We have an excellent function provided by Pandas to resolve the above issue: fillna. We can call the fillna over our DataFrame or selected DataFrame to assign a value to all the NaN values in a specified column.

my_data.column_name.fillna(value_to_be_passed)

These are some important parts of the documentation that you should go through to understand some further key concepts. There was no point in compressing it as it is better to understand these with proper detailed examples:

Other than that, it is important to understand the concept of Method Chaining. I can’t stress on the fact that how important method chaining is in phases of Data Analysis. 
Joost H. van der Linden has made an excellent repository, based on the Method Chaining concept with an iPython Notebook that you can run and edit and tinker with. So make sure you check it out on Github.

An excellent practice dataset that you can tinker with would be the Titanic Survival Problem’s Dataset you can find on Kaggle. You can find excellent methodologies developed by many people on various sources or you can checkout other Kernels submitted by other users. Almost all of them would follow the necessary data summarizing and cleaning steps initially.

I attempted the problem using R so I could not post my own solution for now.

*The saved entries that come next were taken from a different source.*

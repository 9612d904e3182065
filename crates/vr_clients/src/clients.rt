//! What a replica knows of its clients (the client table of Viewstamped Replication Revisited, section 4).

ghost use Rattle.std.specs.Prelude.{◌≡◌, ◌<◌, ℕ, length, drop, IfOk, replicate, slice_set, slice_get, Some, Option};
ghost use Rattle.std.specs.Prelude.{true, false};
ghost use Rattle.vr_model.specs.declared.log.Executed as model;
ghost use Rattle.vr_model.specs.Groups.{client_count};
ghost use Rattle.vr_model.specs.Logs.{is_above};
ghost use Rattle.vr_model.specs.Choices.{is_same};
ghost use Rattle.vr_model.specs.StandsFor.{requests_of};
ghost use Rattle.vr_clients.specs.Clients.{no_client, client_at, noted, answered, only_executed, restored, KnowsMore};
ghost use Rattle.vr_clients.specs.Clients.{answers_of};
ghost use Rattle.vr_clients.specs.declared.clients.Turn.TheVariants.{Earlier, Again, Next};

use il_model::Answer;
use std::alloc::{AllocError, Global};
use std::marker::Model;
use vr_model::{CLIENTS, ClientNumber, Executed, Request};

/// What a replica knows of one client.
#[derive(Clone, Copy)]
pub struct Client {
    /// The greatest number of its requests in the log.
    pub last_number: Option<u64>,
    /// Of those that were executed, the one with the greatest number.
    pub executed: Option<Executed>,
}

/// How a request stands to the last one of its client in the log.
#[derive(Clone, Copy, PartialEq, Eq)]
pub enum Turn {
    /// Its number is below.
    Earlier,
    /// It's that one.
    Again,
    /// Its number is above, or there's none.
    Next,
}

impl Client {
    /// How a request of this number stands to the client's last one.
    pub fn turn(&self, number: u64) -> Turn
        ensures earlier { result ≡ Earlier → (is_above number self.now.last_number ≡ false)
            × (is_same number self.now.last_number ≡ false) }
        ensures again { result ≡ Again → self.now.last_number ≡ Some number }
        ensures next { result ≡ Next → is_above number self.now.last_number ≡ true }
    {
        match self.last_number {
            Some(last) if number < last => Turn::Earlier,
            Some(last) if number == last => Turn::Again,
            _ => Turn::Next,
        }
    }
}

/// What a replica knows of each client.
#[derive(Drop)]
pub struct ClientTable {
    clients: Vec<Client>,
}

impl Model for ClientTable {
    ghost use Rattle.std.specs.Prelude.{◌≡◌, List, length};
    ghost use Rattle.vr_model.specs.Groups.{client_count};
    ghost use Rattle.vr_clients.specs.declared.clients.Client.{Client};

    ghost Value = { List Client };

    ghost view = { λ t. t.clients.items };

    ghost invariant = { λ t. length t.clients.items ≡ client_count };
}

impl ClientTable {
    /// No client is known yet. It fails only where memory runs out.
    pub fn new(alloc: Global) -> Result<ClientTable, AllocError>
        ensures { IfOk result (λ t. t ≡ replicate client_count no_client) }
    {
        let unknown = Client {
            last_number: None,
            executed: None,
        };
        Ok(ClientTable {
            clients: vec![in alloc; unknown; usize::from(CLIENTS)]?,
        })
    }

    /// What it knows of a client.
    pub fn get(&self, client: ClientNumber) -> &Client
        ensures { result.now ≡ client_at self.now client.number }
    {
        &self.clients[usize::from(client.number)]
    }

    /// A request of this client with this number is in the log now.
    pub fn note(&mut self, client: ClientNumber, number: u64)
        ensures { self.new ≡ slice_set self.old client.number (noted (client_at self.old client.number) number) }
    {
        let place = usize::from(client.number);
        self.clients[place].last_number = Some(match self.clients[place].last_number {
            None => number,
            Some(last) => last.max(number),
        });
    }

    /// A request of this client with this number was executed, with this answer.
    pub fn execute(&mut self, client: ClientNumber, number: u64, answer: Answer)
        ensures { self.new ≡ slice_set self.old client.number
            (answered (client_at self.old client.number) number answer) }
    {
        let place = usize::from(client.number);
        let is_later = match &self.clients[place].executed {
            None => true,
            Some(executed) => executed.number < number,
        };
        if is_later {
            self.clients[place].executed = Some(Executed { number, answer });
        }
    }

    /// Of each client only what was executed stays known.
    pub fn forget_unexecuted(&mut self)
        ensures size { length self.new ≡ length self.old }
        ensures each { (c : ℕ) → c < length self.old → client_at self.new c ≡ only_executed (client_at self.old c) }
    {
        forget(&mut self.clients);
    }

    /// Of each client the last request that was executed, with its answer. It fails only where memory runs out.
    pub fn executed(&self, alloc: Global) -> Result<Vec<Option<Executed>>, AllocError>
        ensures { IfOk result (λ answers. answers.items ≡ answers_of self.now) }
    {
        let mut answers = Vec::with_capacity(alloc, self.clients.len())?;
        for place in 0..self.clients.len() {
            answers.push(self.clients[place].executed)?;
        }
        Ok(answers)
    }

    /// What is known now is what was executed of each client and answered so.
    pub fn restore(&mut self, answers: &[Option<Executed>])
        ensures size { length self.new ≡ length self.old }
        ensures each { (c : ℕ) (e : Option model.Executed) → c < length self.old → slice_get answers.now c ≡ Some e
            → client_at self.new c ≡ restored e }
    {
        restore(&mut self.clients, answers);
    }

    /// The requests of a log from this place on are in the log now.
    pub fn note_from(&mut self, log: &[Request], from: usize)
        ensures { KnowsMore self.old (requests_of (drop from log.now)) self.new }
    {
        for place in from..log.len() {
            let request = &log[place];
            self.note(request.client, request.number);
        }
    }
}

fn restore(clients: &mut [Client], answers: &[Option<Executed>])
    ensures { (c : ℕ) (e : Option model.Executed) → c < length clients.old → slice_get answers.now c ≡ Some e
        → client_at clients.new c ≡ restored e }
{
    for i in 0..clients.len() {
        if let Some(executed) = answers.get(i) {
            clients[i] = Client {
                last_number: match executed {
                    None => None,
                    Some(last) => Some(last.number),
                },
                executed: *executed,
            };
        }
    }
}

fn forget(clients: &mut [Client])
    ensures { (c : ℕ) → c < length clients.old → client_at clients.new c ≡ only_executed (client_at clients.old c) }
{
    for i in 0..clients.len() {
        let executed = clients[i].executed;
        clients[i].last_number = match executed {
            None => None,
            Some(executed) => Some(executed.number),
        };
    }
}
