//! How far the inputs of a device came: from the device to the controller, and through a scan.

ghost use Rattle.std.specs.Prelude.{◌≡◌};
ghost use Rattle.field_cycle.specs.Passages.{has_scan, stepped, read_of, is_released};

use crate::link::Moment;

/// How the controller's scans are seen.
#[derive(Clone, Copy)]
pub enum Pace {
    /// Its word that counts them shows another count than before, or the same.
    Counted(bool),
    /// A scan takes so long: none counts them.
    Timed(u64),
}

/// When the controller showed its outputs, and what that says of its scans.
#[derive(Clone, Copy)]
pub struct Showing {
    pub now: Moment,
    pub pace: Pace,
}

impl Showing {
    /// Whether a scan was released since a moment.
    pub fn has_scan(self, since: Moment) -> bool
        ensures { result ≡ has_scan self since }
    {
        match self.pace {
            Pace::Counted(is_other) => is_other,
            Pace::Timed(period) => since.saturating_add(period) <= self.now,
        }
    }
}

/// How far a device's inputs came since there is a connection to it, and one to the controller.
#[derive(Clone, Copy)]
pub enum Passage {
    /// They weren't read yet.
    Unread,
    /// They are to be handed over.
    Read,
    /// The controller had them when it showed its outputs at this moment.
    Handed(Moment),
    /// One scan was released since; it may have begun before it had them.
    Scanned(Moment),
    /// Another one was: it had them.
    Released,
}

impl Passage {
    /// A round has read them.
    pub fn read(self) -> Passage
        ensures { result ≡ read_of self }
    {
        match self {
            Passage::Unread => Passage::Read,
            further => further,
        }
    }

    /// The controller showed its outputs, and all that was to be handed over of the device has been handed over, or
    /// not.
    pub fn step(self, is_handed: bool, showing: Showing) -> Passage
        ensures { result ≡ stepped self is_handed showing }
    {
        match self {
            Passage::Read if is_handed => Passage::Handed(showing.now),
            Passage::Handed(since) if showing.has_scan(since) => Passage::Scanned(showing.now),
            Passage::Scanned(since) if showing.has_scan(since) => Passage::Released,
            same => same,
        }
    }

    /// Whether a scan that had them was released.
    pub fn is_released(self) -> bool
        ensures { result ≡ is_released self }
    {
        matches!(self, Passage::Released)
    }
}
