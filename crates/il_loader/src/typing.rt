//! The first fault of typing, at the word where it stands.

ghost use Rattle.std.specs.Prelude.{◌≡◌, ◌<◌, ◌^◌, IfOk};
ghost use Rattle.il_model.specs.Marks.{word_count, words_in, address_of};
ghost use Rattle.il_model.specs.Checking.{judgement_of};
ghost use Rattle.il_loader.specs.Judging.{at_word};

use il_model::{IndexedProgram, Instr, Program, TypeFault, check_types, faulty_word};
use std::alloc::{AllocError, Global};

/// How many words an instruction has: its own, and one for each argument.
fn word_count(line: &Instr) -> usize
    ensures { result ≡ word_count line.now }
{
    1 + line.arguments.as_slice().len()
}

/// How many words there are before an instruction.
fn address_of(code: &[Instr], n: usize) -> usize
    requires { words_in code.now < 2 ^ 63 }
    ensures { result ≡ address_of code.now n }
{
    let mut address = 0;
    let mut left = n;
    let mut rest = code;
    while let [line, others @ ..] = rest {
        if left == 0 {
            return address;
        }
        address += word_count(line);
        left -= 1;
        rest = others;
    }
    address
}

/// A fault of typing, told by the number of the word where it stands in place of the instruction's.
fn at_word(
    program: &IndexedProgram,
    typed: Result<(), (TypeFault, usize)>,
) -> Result<(), (TypeFault, usize)>
    requires { words_in program.now.code < 2 ^ 63 }
    ensures { result ≡ at_word program.now typed }
{
    match typed {
        Ok(()) => Ok(()),
        Err((fault, n)) => Err((
            fault,
            address_of(program.code(), n) + faulty_word(program, n),
        )),
    }
}

/// Whether a program is typed, or its first fault with the number of the word where that stands.
pub fn typed(alloc: Global, program: &Program) -> Result<Result<(), (TypeFault, usize)>, AllocError>
    requires { words_in program.now.code < 2 ^ 63 }
    ensures { IfOk result (λ r. r ≡ at_word program.now (judgement_of program.now)) }
{
    let indexed = IndexedProgram::new(alloc, program)?;
    Ok(at_word(&indexed, check_types(&indexed)))
}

But just in case you want to try out R, this would be a good opportunity. All the phases of analysis would generally be the same but you can expect a more clean and focused environment while working with R. In case you need a tutorial for the problem in R, I’d like to suggest David Langer’s Youtube Channel. I really loved the flow with which he guides the viewer through all the necessary steps and the working behind the code.

And with this, we wrap up this gentle introduction to sweet Pandas. 
Use Pandas, Love Pandas, Save Pandas!